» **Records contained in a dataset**
☆ ☆ ☆ ☆ ☆ ☆ ☆
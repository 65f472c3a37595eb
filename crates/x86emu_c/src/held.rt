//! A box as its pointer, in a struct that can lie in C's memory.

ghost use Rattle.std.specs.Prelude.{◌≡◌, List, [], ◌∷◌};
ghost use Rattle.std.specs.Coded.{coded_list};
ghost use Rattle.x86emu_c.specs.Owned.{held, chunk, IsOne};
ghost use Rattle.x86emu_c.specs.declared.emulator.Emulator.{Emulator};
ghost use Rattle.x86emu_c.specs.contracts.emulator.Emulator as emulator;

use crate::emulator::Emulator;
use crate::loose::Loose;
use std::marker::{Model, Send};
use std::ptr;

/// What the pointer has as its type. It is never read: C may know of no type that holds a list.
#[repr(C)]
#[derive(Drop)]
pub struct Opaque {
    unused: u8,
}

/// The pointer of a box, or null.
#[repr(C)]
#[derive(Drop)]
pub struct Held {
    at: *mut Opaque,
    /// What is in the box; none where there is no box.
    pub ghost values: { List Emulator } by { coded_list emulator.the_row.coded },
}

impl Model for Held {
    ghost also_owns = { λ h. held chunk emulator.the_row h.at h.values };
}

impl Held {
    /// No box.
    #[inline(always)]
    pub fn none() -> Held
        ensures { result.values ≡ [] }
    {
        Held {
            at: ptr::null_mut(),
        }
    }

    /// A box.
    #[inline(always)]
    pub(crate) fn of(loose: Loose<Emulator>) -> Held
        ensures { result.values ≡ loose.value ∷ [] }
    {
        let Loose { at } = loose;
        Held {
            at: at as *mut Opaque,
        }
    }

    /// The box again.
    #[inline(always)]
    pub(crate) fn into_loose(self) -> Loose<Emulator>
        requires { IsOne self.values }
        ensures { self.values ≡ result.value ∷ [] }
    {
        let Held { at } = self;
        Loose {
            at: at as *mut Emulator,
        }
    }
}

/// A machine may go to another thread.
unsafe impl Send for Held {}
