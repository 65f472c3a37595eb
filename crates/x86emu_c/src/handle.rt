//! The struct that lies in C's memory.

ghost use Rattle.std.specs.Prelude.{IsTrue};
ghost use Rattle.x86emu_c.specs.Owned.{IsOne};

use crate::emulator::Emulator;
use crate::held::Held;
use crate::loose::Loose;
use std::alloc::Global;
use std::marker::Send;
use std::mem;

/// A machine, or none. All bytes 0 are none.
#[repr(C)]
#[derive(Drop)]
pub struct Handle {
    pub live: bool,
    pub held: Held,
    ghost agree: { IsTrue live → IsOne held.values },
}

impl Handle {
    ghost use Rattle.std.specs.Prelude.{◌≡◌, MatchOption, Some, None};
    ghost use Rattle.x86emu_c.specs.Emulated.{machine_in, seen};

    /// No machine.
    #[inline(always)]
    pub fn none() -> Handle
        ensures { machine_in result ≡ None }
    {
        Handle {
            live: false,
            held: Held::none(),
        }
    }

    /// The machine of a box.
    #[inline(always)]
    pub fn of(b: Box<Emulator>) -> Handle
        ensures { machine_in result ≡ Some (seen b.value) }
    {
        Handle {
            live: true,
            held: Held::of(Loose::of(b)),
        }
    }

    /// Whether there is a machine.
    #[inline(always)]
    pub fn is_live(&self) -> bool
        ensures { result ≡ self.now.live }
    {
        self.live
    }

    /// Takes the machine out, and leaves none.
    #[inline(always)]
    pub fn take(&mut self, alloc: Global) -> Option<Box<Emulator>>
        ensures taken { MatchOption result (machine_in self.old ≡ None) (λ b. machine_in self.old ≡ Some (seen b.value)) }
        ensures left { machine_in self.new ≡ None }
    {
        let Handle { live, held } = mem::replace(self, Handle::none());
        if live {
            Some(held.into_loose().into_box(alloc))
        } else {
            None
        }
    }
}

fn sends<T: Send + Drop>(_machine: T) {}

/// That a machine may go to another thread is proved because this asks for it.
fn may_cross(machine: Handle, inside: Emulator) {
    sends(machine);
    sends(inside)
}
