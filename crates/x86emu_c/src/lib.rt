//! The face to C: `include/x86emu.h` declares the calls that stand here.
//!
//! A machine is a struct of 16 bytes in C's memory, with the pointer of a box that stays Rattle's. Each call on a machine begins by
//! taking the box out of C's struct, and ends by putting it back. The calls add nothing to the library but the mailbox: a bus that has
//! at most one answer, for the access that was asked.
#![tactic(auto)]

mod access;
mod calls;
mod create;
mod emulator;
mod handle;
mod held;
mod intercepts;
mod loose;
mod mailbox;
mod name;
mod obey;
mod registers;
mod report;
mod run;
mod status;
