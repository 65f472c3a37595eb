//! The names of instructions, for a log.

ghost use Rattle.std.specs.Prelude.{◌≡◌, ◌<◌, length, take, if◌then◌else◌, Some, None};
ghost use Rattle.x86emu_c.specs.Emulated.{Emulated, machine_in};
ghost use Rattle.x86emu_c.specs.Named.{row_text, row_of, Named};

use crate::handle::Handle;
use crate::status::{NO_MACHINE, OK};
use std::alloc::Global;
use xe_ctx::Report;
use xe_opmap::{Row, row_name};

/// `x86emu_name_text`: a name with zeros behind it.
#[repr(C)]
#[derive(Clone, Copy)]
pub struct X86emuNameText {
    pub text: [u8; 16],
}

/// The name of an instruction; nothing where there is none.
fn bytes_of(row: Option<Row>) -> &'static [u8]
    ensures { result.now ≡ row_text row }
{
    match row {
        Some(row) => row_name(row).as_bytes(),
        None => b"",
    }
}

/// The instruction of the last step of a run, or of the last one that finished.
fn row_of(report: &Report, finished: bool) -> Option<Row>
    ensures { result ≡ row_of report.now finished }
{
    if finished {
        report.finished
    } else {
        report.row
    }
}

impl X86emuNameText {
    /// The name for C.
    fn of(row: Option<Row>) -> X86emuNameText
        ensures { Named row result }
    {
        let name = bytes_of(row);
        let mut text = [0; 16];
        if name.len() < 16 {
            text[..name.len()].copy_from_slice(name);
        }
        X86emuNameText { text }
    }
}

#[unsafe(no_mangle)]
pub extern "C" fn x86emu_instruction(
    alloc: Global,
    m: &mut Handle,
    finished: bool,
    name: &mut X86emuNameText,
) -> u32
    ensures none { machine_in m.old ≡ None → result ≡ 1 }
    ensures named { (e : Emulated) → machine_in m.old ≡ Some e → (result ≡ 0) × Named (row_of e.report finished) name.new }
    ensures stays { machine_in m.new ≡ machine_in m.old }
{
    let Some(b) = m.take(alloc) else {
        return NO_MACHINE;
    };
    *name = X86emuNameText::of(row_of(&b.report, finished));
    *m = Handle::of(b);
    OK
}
☆ ☆ ☆ ☆ ☆ ☆ ☆
» **Exercise details**
Exactly as they stand above, retype all of the records.

» **Result**
repository 65f472c3a37595eb
filename crates/x86emu_c/src/held.rt
//! A box as its pointer, in a struct that can lie in C's memory.

ghost use Rattle.std.specs.Prelude.{◌≡◌, List, [], ◌∷◌};
ghost use Rattle.std.specs.Coded.{coded_list};
ghost use Rattle.x86emu_c.specs.Owned.{held, chunk, IsOne};
ghost use Rattle.x86emu_c.specs.declared.emulator.Emulator.{Emulator};
ghost use Rattle.x86emu_c.specs.contracts.emulator.Emulator as emulator;

use crate::emulator::Emulator;
use crate::loose::Loose;
use std::marker::{Model, Send};
use std::ptr;

/// What the pointer has as its type. It is never read: C may know of no type that holds a list.
#[repr(C)]
#[derive(Drop)]
pub struct Opaque {
    unused: u8,
}

/// The pointer of a box, or null.
#[repr(C)]
#[derive(Drop)]
pub struct Held {
    at: *mut Opaque,
    /// What is in the box; none where there is no box.
    pub ghost values: { List Emulator } by { coded_list emulator.the_row.coded },
}

impl Model for Held {
    ghost also_owns = { λ h. held chunk emulator.the_row h.at h.values };
}

impl Held {
    /// No box.
    #[inline(always)]
    pub fn none() -> Held
        ensures { result.values ≡ [] }
    {
        Held {
            at: ptr::null_mut(),
        }
    }

    /// A box.
    #[inline(always)]
    pub(crate) fn of(loose: Loose<Emulator>) -> Held
        ensures { result.values ≡ loose.value ∷ [] }
    {
        let Loose { at } = loose;
        Held {
            at: at as *mut Opaque,
        }
    }

    /// The box again.
    #[inline(always)]
    pub(crate) fn into_loose(self) -> Loose<Emulator>
        requires { IsOne self.values }
        ensures { self.values ≡ result.value ∷ [] }
    {
        let Held { at } = self;
        Loose {
            at: at as *mut Emulator,
        }
    }
}

/// A machine may go to another thread.
unsafe impl Send for Held {}
repository 65f472c3a37595eb
filename crates/x86emu_c/src/handle.rt
//! The struct that lies in C's memory.

ghost use Rattle.std.specs.Prelude.{IsTrue};
ghost use Rattle.x86emu_c.specs.Owned.{IsOne};

use crate::emulator::Emulator;
use crate::held::Held;
use crate::loose::Loose;
use std::alloc::Global;
use std::marker::Send;
use std::mem;

/// A machine, or none. All bytes 0 are none.
#[repr(C)]
#[derive(Drop)]
pub struct Handle {
    pub live: bool,
    pub held: Held,
    ghost agree: { IsTrue live → IsOne held.values },
}

impl Handle {
    ghost use Rattle.std.specs.Prelude.{◌≡◌, MatchOption, Some, None};
    ghost use Rattle.x86emu_c.specs.Emulated.{machine_in, seen};

    /// No machine.
    #[inline(always)]
    pub fn none() -> Handle
        ensures { machine_in result ≡ None }
    {
        Handle {
            live: false,
            held: Held::none(),
        }
    }

    /// The machine of a box.
    #[inline(always)]
    pub fn of(b: Box<Emulator>) -> Handle
        ensures { machine_in result ≡ Some (seen b.value) }
    {
        Handle {
            live: true,
            held: Held::of(Loose::of(b)),
        }
    }

    /// Whether there is a machine.
    #[inline(always)]
    pub fn is_live(&self) -> bool
        ensures { result ≡ self.now.live }
    {
        self.live
    }

    /// Takes the machine out, and leaves none.
    #[inline(always)]
    pub fn take(&mut self, alloc: Global) -> Option<Box<Emulator>>
        ensures taken { MatchOption result (machine_in self.old ≡ None) (λ b. machine_in self.old ≡ Some (seen b.value)) }
        ensures left { machine_in self.new ≡ None }
    {
        let Handle { live, held } = mem::replace(self, Handle::none());
        if live {
            Some(held.into_loose().into_box(alloc))
        } else {
            None
        }
    }
}

fn sends<T: Send + Drop>(_machine: T) {}

/// That a machine may go to another thread is proved because this asks for it.
fn may_cross(machine: Handle, inside: Emulator) {
    sends(machine);
    sends(inside)
}
filename crates/x86emu_c/src/lib.rt
//! The face to C: `include/x86emu.h` declares the calls that stand here.
//!
//! A machine is a struct of 16 bytes in C's memory, with the pointer of a box that stays Rattle's. Each call on a machine begins by
//! taking the box out of C's struct, and ends by putting it back. The calls add nothing to the library but the mailbox: a bus that has
//! at most one answer, for the access that was asked.
#![tactic(auto)]

mod access;
mod calls;
mod create;
mod emulator;
mod handle;
mod held;
mod intercepts;
mod loose;
mod mailbox;
mod name;
mod obey;
mod registers;
mod report;
mod run;
mod status;
repository 65f472c3a37595eb
//! The names of instructions, for a log.

ghost use Rattle.std.specs.Prelude.{◌≡◌, ◌<◌, length, take, if◌then◌else◌, Some, None};
ghost use Rattle.x86emu_c.specs.Emulated.{Emulated, machine_in};
ghost use Rattle.x86emu_c.specs.Named.{row_text, row_of, Named};

use crate::handle::Handle;
use crate::status::{NO_MACHINE, OK};
use std::alloc::Global;
use xe_ctx::Report;
use xe_opmap::{Row, row_name};

/// `x86emu_name_text`: a name with zeros behind it.
#[repr(C)]
#[derive(Clone, Copy)]
pub struct X86emuNameText {
    pub text: [u8; 16],
}

/// The name of an instruction; nothing where there is none.
fn bytes_of(row: Option<Row>) -> &'static [u8]
    ensures { result.now ≡ row_text row }
{
    match row {
        Some(row) => row_name(row).as_bytes(),
        None => b"",
    }
}

/// The instruction of the last step of a run, or of the last one that finished.
fn row_of(report: &Report, finished: bool) -> Option<Row>
    ensures { result ≡ row_of report.now finished }
{
    if finished {
        report.finished
    } else {
        report.row
    }
}

impl X86emuNameText {
    /// The name for C.
    fn of(row: Option<Row>) -> X86emuNameText
        ensures { Named row result }
    {
        let name = bytes_of(row);
        let mut text = [0; 16];
        if name.len() < 16 {
            text[..name.len()].copy_from_slice(name);
        }
        X86emuNameText { text }
    }
}

#[unsafe(no_mangle)]
pub extern "C" fn x86emu_instruction(
    alloc: Global,
    m: &mut Handle,
    finished: bool,
    name: &mut X86emuNameText,
) -> u32
    ensures none { machine_in m.old ≡ None → result ≡ 1 }
    ensures named { (e : Emulated) → machine_in m.old ≡ Some e → (result ≡ 0) × Named (row_of e.report finished) name.new }
    ensures stays { machine_in m.new ≡ machine_in m.old }
{
    let Some(b) = m.take(alloc) else {
        return NO_MACHINE;
    };
    *name = X86emuNameText::of(row_of(&b.report, finished));
    *m = Handle::of(b);
    OK
}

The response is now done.